Peter Tatchell has been invited to Downing Street by Prime Minister Theresa May.
Throughout the last decade, three former prime ministers banned the LGBT rights activist from Downing Street LGBT pride receptions.
The receptions collect key LGBT community leaders as recognition of their contributions to LGBT rights and culture.
Tatchell said in a statement: ‘Since the inception of Downing Street LGBT Pride receptions a decade ago, I have been banned from attending by successive Prime Ministers – Tony Blair, Gordon Brown and David Cameron.
‘Despite my 51 years of campaigning, and my role in the UK’s first Pride parade in 1972, they apparently deemed me to be the unacceptable face of LGBT activism.
‘I was therefore surprised and delighted that Theresa May has invited me to this year’s reception on 3 July – just days after I wrote to her urging compensation for gay men convicted under past anti-gay laws.
The veteran activist revealed that he has accepted the invitation despite being ‘not much fussed about attending such receptions.’
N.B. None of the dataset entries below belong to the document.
//! A whole run by one thread, and the output of any run whose outcome is that of one thread.

ghost use Rattle.std.specs.Prelude.{◌≡◌, IfOk};
ghost use Rattle.circ_records.specs.Coherent.{Coherent, number_before};
ghost use Rattle.journal_table.specs.Entry.{first_number};
ghost use Rattle.journal_table.specs.Readings.{readings_of as all_read};
ghost use Rattle.read_set.specs.Plans.{readings_of};
ghost use Rattle.read_set.specs.Replay.{last};
ghost use Rattle.result_report.specs.Report.{answers_behind};
ghost use Rattle.replay_run.specs.Answers.{answers_of};
ghost use Rattle.replay_run.specs.Entries.{AreEntries};
ghost use Rattle.replay_run.specs.Prepared.{IsJudgement, accepted_by, accepted_of};
ghost use Rattle.replay_run.specs.OneThread.{IsOneThread, IsOutput, IsOutputBy, judgement, results_of};

use crate::fault::Fault;
use crate::inputs::{Inputs, Output};
use crate::judge::{judge, judge_side_by_side};
use crate::prepared::{Prepared, Sound};
use crate::replay::replay;
use crate::replay_end::ReplayEnd;
use journal_table::{Journal, Readings, read_all, read_in_turn};
use read_set::{Deeds, Plan, Way};
use record_tables::write_records;
use result_report::{Outcome, ResultTexts, collect, report};
use schema::Tables;
use std::alloc::{AllocError, Global};
use std::mem::forget;
use std::thread::Threads;

/// Gives the output of one thread that takes the lines in the order of the journal, or the first
/// fault of the inputs: first the policy, then the tables, then the journal. Each line is attempted
/// once.
///
/// What an output was made of isn't dropped: its memory stays allocated until the process ends,
/// which frees all of it at once.
pub fn one_thread(alloc: Global, inputs: &Inputs) -> Result<Output, Fault>
    ensures { IsOneThread inputs.now result }
{
    match judge_inputs(alloc, inputs) {
        Ok(Prepared { plan, journal }) => {
            let output = output(alloc, &plan, &journal)?;
            forget(plan);
            forget(journal);
            Ok(output)
        }
        Err(fault) => Err(fault),
    }
}

/// Gives the plan and the journal that inputs make, or exactly their first fault: first of the
/// policy, then of the tables, then of the journal.
pub fn judge_inputs(alloc: Global, inputs: &Inputs) -> Result<Prepared<'_>, Fault>
    ensures due { IsJudgement result (judgement inputs.now) }
    ensures fits { IfOk result (λ j. j.plan.readings ≡ readings_of j.journal) }
{
    match judge(alloc, inputs) {
        Ok(sound) => {
            let readings = read_in_turn(alloc, &sound.journal)?;
            Ok(prepare(alloc, inputs.way, sound, readings)?)
        }
        Err(fault) => Err(fault),
    }
}

/// Gives just what `judge_inputs` gives; tables and journal are read side by side, and then the
/// requests by all cores.
pub fn judge_parallel<'i, R: Threads + Sync>(
    rt: &R,
    alloc: Global,
    inputs: &'i Inputs,
) -> Result<Prepared<'i>, Fault>
    ensures due { IsJudgement result (judgement inputs.now) }
    ensures fits { IfOk result (λ j. j.plan.readings ≡ readings_of j.journal) }
{
    match judge_side_by_side(rt, alloc, inputs) {
        Ok(sound) => {
            let readings = read_all(rt, alloc, &sound.journal)?;
            Ok(prepare(alloc, inputs.way, sound, readings)?)
        }
        Err(fault) => Err(fault),
    }
}

/// The plan of inputs that no rule refuses, whose requests were read as these.
fn prepare(
    alloc: Global,
    way: Way,
    sound: Sound<'_>,
    readings: Readings,
) -> Result<Prepared<'_>, AllocError>
    requires read { readings ≡ all_read sound.journal }
    requires coherent { Coherent sound.policy
        (number_before (first_number sound.journal)) sound.base }
    ensures { IfOk result (λ j. accepted_of j ≡ accepted_by way sound.entry) }
{
    let Sound {
        policy,
        base,
        journal,
    } = sound;
    let deeds = Deeds::of(alloc, way, policy.due_form(), &journal, &readings)?;
    let plan = Plan::from_readings(policy, base, readings, deeds);
    Ok(Prepared { plan, journal })
}

/// The output of one thread over the plan of a journal. The outcome of the replay isn't dropped.
fn output(alloc: Global, plan: &Plan, journal: &Journal) -> Result<Output, AllocError>
    requires { plan.now.readings ≡ readings_of journal.now }
    ensures { IfOk result (IsOutput plan.now journal.now) }
{
    let replayed = replay(alloc, plan)?;
    let outcome = collect(
        alloc,
        &ReplayEnd {
            plan,
            replayed: &replayed,
        },
    )?;
    let output = output_of(alloc, plan, journal, outcome)?;
    forget(replayed);
    Ok(output)
}

/// Gives the output of a run over the plan of a journal that ended with the records and the answers
/// of one thread: the tables of these records, and the result tables of the lines with these
/// answers.
pub fn output_of(
    alloc: Global,
    plan: &Plan,
    journal: &Journal,
    outcome: Outcome<'_>,
) -> Result<Output, AllocError>
    requires fits { plan.now.readings ≡ readings_of journal.now }
    requires answers { answers_behind outcome.answers.items ≡ answers_of plan.now }
    requires records { AreEntries (last plan.now) outcome.records }
    ensures { IfOk result (IsOutputBy plan.now journal.now outcome.entry.attempts.items) }
{
    let tables = write_records(alloc, outcome.records.as_records())?;
    let texts = report(alloc, journal, plan, &outcome)?;
    Ok(put_together(tables, texts, outcome.attempts))
}

/// Gives the output of exactly these tables, texts and attempts.
pub fn put_together(tables: Tables, texts: ResultTexts, attempts: Vec<u32>) -> Output
    ensures tables { result.tables ≡ tables }
    ensures results { results_of result ≡ texts }
    ensures attempts { result.attempts ≡ attempts }
{
    let ResultTexts {
        answers,
        report,
        passed,
        sizes,
    } = texts;
    Output {
        tables,
        answers,
        report,
        passed,
        sizes,
        attempts,
    }
}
Tatchell said that he is looking forward to meeting Prime Minister May and ‘reiterating my call for gay victims of homophobic laws, who suffered so badly, to receive government compensation.’
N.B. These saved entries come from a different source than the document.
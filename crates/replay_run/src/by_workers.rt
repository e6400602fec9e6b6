//! A whole run by workers in threads.

ghost use Rattle.std.specs.Prelude.{◌≡◌, ◌+◌, [], IfErr, IfOk, length};
ghost use Rattle.std.specs.Thread.{IsSync};
ghost use Rattle.read_set.specs.Plans.{plan_over, readings_of};
ghost use Rattle.schema.specs.Texts.{texts_of};
ghost use Rattle.record_tables.specs.Written.{tables_of};
ghost use Rattle.result_report.specs.Report.{AreAnswers, answers_behind, line_results};
ghost use Rattle.result_report.specs.Tables.{AreTexts};
ghost use Rattle.replay_run.specs.Attempts.{AreOnePerLine};
ghost use Rattle.replay_run.specs.BySteps.{AreWorkers, attempts_on};
ghost use Rattle.replay_run.specs.ByWorkers.{IsByWorkers, IsMade, MayFail};
ghost use Rattle.replay_run.specs.OneThread.{IsOutputBy, judgement};
ghost use Rattle.replay_run.specs.Outcomes.{IsOutcome};

use crate::fault::Fault;
use crate::in_order::run_in_order;
use crate::inputs::{Inputs, Output};
use crate::prepared::Prepared;
use crate::run::{judge_parallel, put_together};
use board_steps::WORKERS_MAX;
use journal_table::Journal;
use read_set::{Plan, PlanName};
use record_tables::write_records;
use result_report::{Outcome, ResultTexts, collect, report_parallel};
use schema::Tables;
use speculate::{Board, Finished, Open, drive_in_order};
use std::alloc::{AllocError, Global};
use std::marker::Brand;
use std::mem::forget;
use std::sync::Wait;
use std::thread::{Threads, join};
use version_store::VersionTable;
use worker_pool::{Gate, SharedBoard, run_workers};

/// Gives the output of one thread, made by 1 to 64 workers, several of them in threads; its
/// attempts are those that were committed. The faults: first the number of workers, then those of
/// the inputs, then the first that a worker meets. The gate is called after each worker's steps.
///
/// What an output was made of isn't dropped: its memory stays allocated until the process ends,
/// which frees all of it at once.
pub fn rebuild<G: Gate + Sync, R: Threads + Wait + Sync>(
    rt: &R,
    alloc: Global,
    inputs: &Inputs,
    workers: u32,
    gate: &G,
) -> Result<Output, Fault>
    ensures output { IsByWorkers inputs.now workers result }
    ensures attempts { IfOk result (λ o. AreOnePerLine (judgement inputs.now) o.attempts.items) }
{
    if workers == 0 {
        return Err(Fault::BadWorkers);
    }
    if workers > WORKERS_MAX {
        return Err(Fault::BadWorkers);
    }
    match judge_parallel(rt, alloc, inputs) {
        Ok(Prepared { plan, journal }) => {
            let output = run(rt, alloc, plan, &journal, workers, gate);
            forget(journal);
            output
        }
        Err(fault) => Err(fault),
    }
}

/// The run over the plan of a journal: by workers round a board or, as one worker has nobody to
/// share a board with, in order.
fn run<G: Gate + Sync, R: Threads + Wait + Sync>(
    rt: &R,
    alloc: Global,
    plan: Plan,
    journal: &Journal,
    workers: u32,
    gate: &G,
) -> Result<Output, Fault>
    requires fits { plan.readings ≡ readings_of journal.now }
    requires workers { AreWorkers workers }
    ensures output { IsMade (record { plan = plan; lines = journal.now }) result }
    ensures attempts { IfOk result (λ o. length o.attempts.items ≡ length journal.now) }
{
    if workers == 1 {
        let output = run_in_order::<Brand, G, R>(rt, alloc, plan, journal, gate)?;
        Ok(output)
    } else {
        run_named::<Brand, G, R>(rt, alloc, plan, journal, workers, gate)
    }
}

/// The run of the workers over the plan of a journal. Once they are done, the records before the
/// first line aren't needed, and their memory is freed for the texts.
fn run_named<J: PlanName + Send + Sync + 'static, G: Gate + Sync, R: Threads + Wait + Sync>(
    rt: &R,
    alloc: Global,
    plan: Plan,
    journal: &Journal,
    workers: u32,
    gate: &G,
) -> Result<Output, Fault>
    requires named { plan ≡ J.plan }
    requires fits { plan.readings ≡ readings_of journal.now }
    requires workers { AreWorkers workers }
    ensures output { IsMade (record { plan = J.plan; lines = journal.now }) result }
    ensures attempts { IfOk result (λ o. length o.attempts.items ≡ length journal.now) }
{
    let table: VersionTable<J> = VersionTable::for_lines(alloc, plan.readings().len())?;
    let outcome = outcome_of(rt, alloc, &plan, &table, workers, gate)?;
    let mut bare = plan;
    drop(bare.take_base(alloc));
    let output = output_parallel::<J, R>(rt, alloc, &bare, journal, outcome)?;
    forget(table);
    forget(bare);
    Ok(output)
}

/// The outcome of the workers. A fault that they return ends the run, whatever is committed by
/// then.
#[tactic(auto, using(crate::proofs::Stepping::met))]
fn outcome_of<'t, J: PlanName + Send + Sync + 'static, G: Gate + Sync, R: Threads + Wait + Sync>(
    rt: &R,
    alloc: Global,
    plan: &Plan,
    table: &'t VersionTable<J>,
    workers: u32,
    gate: &G,
) -> Result<Outcome<'t>, Fault>
    requires named { plan.now ≡ J.plan }
    requires workers { AreWorkers workers }
    ensures outcome { IfOk result (IsOutcome J.plan) }
    ensures fault { IfErr result MayFail }
{
    let board = Board::new(alloc, plan, workers)?;
    let shared = SharedBoard::new(board, table);
    let run = run_workers(rt, alloc, &shared, gate);
    let finished = match (run, shared.close()) {
        (Err(fault), _) => return Err(Fault::from(fault)),
        (Ok(()), closed) => finished_of(rt, alloc, plan, table, closed)?,
    };
    let outcome = collected(alloc, finished)?;
    Ok(outcome)
}

/// Gives the end of the replay if workers have ended without a fault: on their board; or, if they
/// have left lines open, on a new one.
pub fn finished_of<'p, 't, J: PlanName + 'static, R: Wait>(
    rt: &R,
    alloc: Global,
    plan: &'p Plan,
    table: &'t VersionTable<J>,
    closed: Result<Finished<'p, 't, J>, Open<'p, 't, J>>,
) -> Result<Finished<'p, 't, J>, Fault>
    requires { plan.now ≡ J.plan }
    ensures { IfErr result MayFail }
{
    match closed {
        Ok(finished) => Ok(finished),
        Err(open) => {
            drop(open);
            begin_again(rt, alloc, plan, table)
        }
    }
}

/// The replay from its beginning, in the calling thread: all lines of a new board, in the order of
/// the journal.
#[tactic(auto, using(crate::proofs::Stepping::met))]
fn begin_again<'p, 't, J: PlanName + 'static, R: Wait>(
    rt: &R,
    alloc: Global,
    plan: &'p Plan,
    table: &'t VersionTable<J>,
) -> Result<Finished<'p, 't, J>, Fault>
    requires { plan.now ≡ J.plan }
    ensures { IfErr result MayFail }
{
    let mut board = Board::new(alloc, plan, 1)?;
    drive_in_order(rt, alloc, table, &mut board)?;
    match board.finish() {
        Ok(finished) => Ok(finished),
        Err(_) => unreachable!(),
    }
}

/// What is collected from a board on which all lines are committed. The board's memory is freed for
/// the texts.
fn collected<'t, J: PlanName + 'static>(
    alloc: Global,
    finished: Finished<'_, 't, J>,
) -> Result<Outcome<'t>, AllocError>
    ensures outcome { IfOk result (IsOutcome J.plan) }
    ensures attempts { IfOk result (λ o. o.attempts.items ≡ attempts_on J.plan finished.entry) }
{
    let _plan = finished.plan();
    let outcome = collect(alloc, &finished)?;
    drop(finished);
    Ok(outcome)
}

/// The output of a run over the plan of a journal that ended with the records and the answers of
/// one thread; its records before the first line aren't needed. The tables of the records and the
/// result tables are made side by side, the latter by all cores.
fn output_parallel<J: PlanName, R: Threads + Sync>(
    rt: &R,
    alloc: Global,
    plan: &Plan,
    journal: &Journal,
    outcome: Outcome<'_>,
) -> Result<Output, AllocError>
    requires bare { plan.now ≡ plan_over J.plan [] }
    requires fits { J.plan.readings ≡ readings_of journal.now }
    requires outcome { IsOutcome J.plan outcome }
    ensures { IfOk result (IsOutputBy J.plan journal.now outcome.entry.attempts.items) }
{
    let (records, lent) = (outcome.records.as_records(), &outcome);
    let write = || -> Result<Tables, AllocError>
        ensures { IfOk result (λ tables. texts_of tables ≡ tables_of records.entry.now) }
    { write_records(alloc, records) };
    let tell = || -> Result<ResultTexts, AllocError>
        requires { IsSync R.row × (plan.now.readings ≡ readings_of journal.now)
            × AreAnswers (readings_of journal.now) (answers_behind lent.now.answers.items) }
        ensures { IfOk result (λ t. AreTexts (line_results journal.entry.now (readings_of journal.entry.now) (answers_behind lent.entry.now.answers.items)) t
            × (t.sizes.answered + t.sizes.passed ≡ length journal.entry.now)) }
    { report_parallel(rt, alloc, journal, plan, lent) };
    let (tables, texts) = join(rt, write, tell);
    Ok(put_together(tables?, texts?, outcome.attempts))
}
‘She has already acknowledged the grave injustice done to these men, so I hope she will go one step further and recognize that these men deserve recompense for the terrible trauma of criminalization that they went through.’
Peter Tatchell back in Britain after Russian arrest
Tatchell recently returned to Britain following his arrest in Russia for staging a one-man protest.
Whilst attending the FIFA World Cup, Tatchell stood in Red Square holding a placard criticizing Russian president Vladimir Putin. The sign read: ‘Putin fails to go against Chechnya torture of gay people.’
Police detained Tatchell at Tverskaya Police Station. They charged him for ‘violating Federal Law 54 and Presidential Decree 202’. Russian law ‘prohibits protests near the Kremlin and during the World Cup, according to Tatchell’s Twitter.
Tatchell said he faced no problems leaving the country, despite a court case scheduled for July 26. Tatchell refused to attend.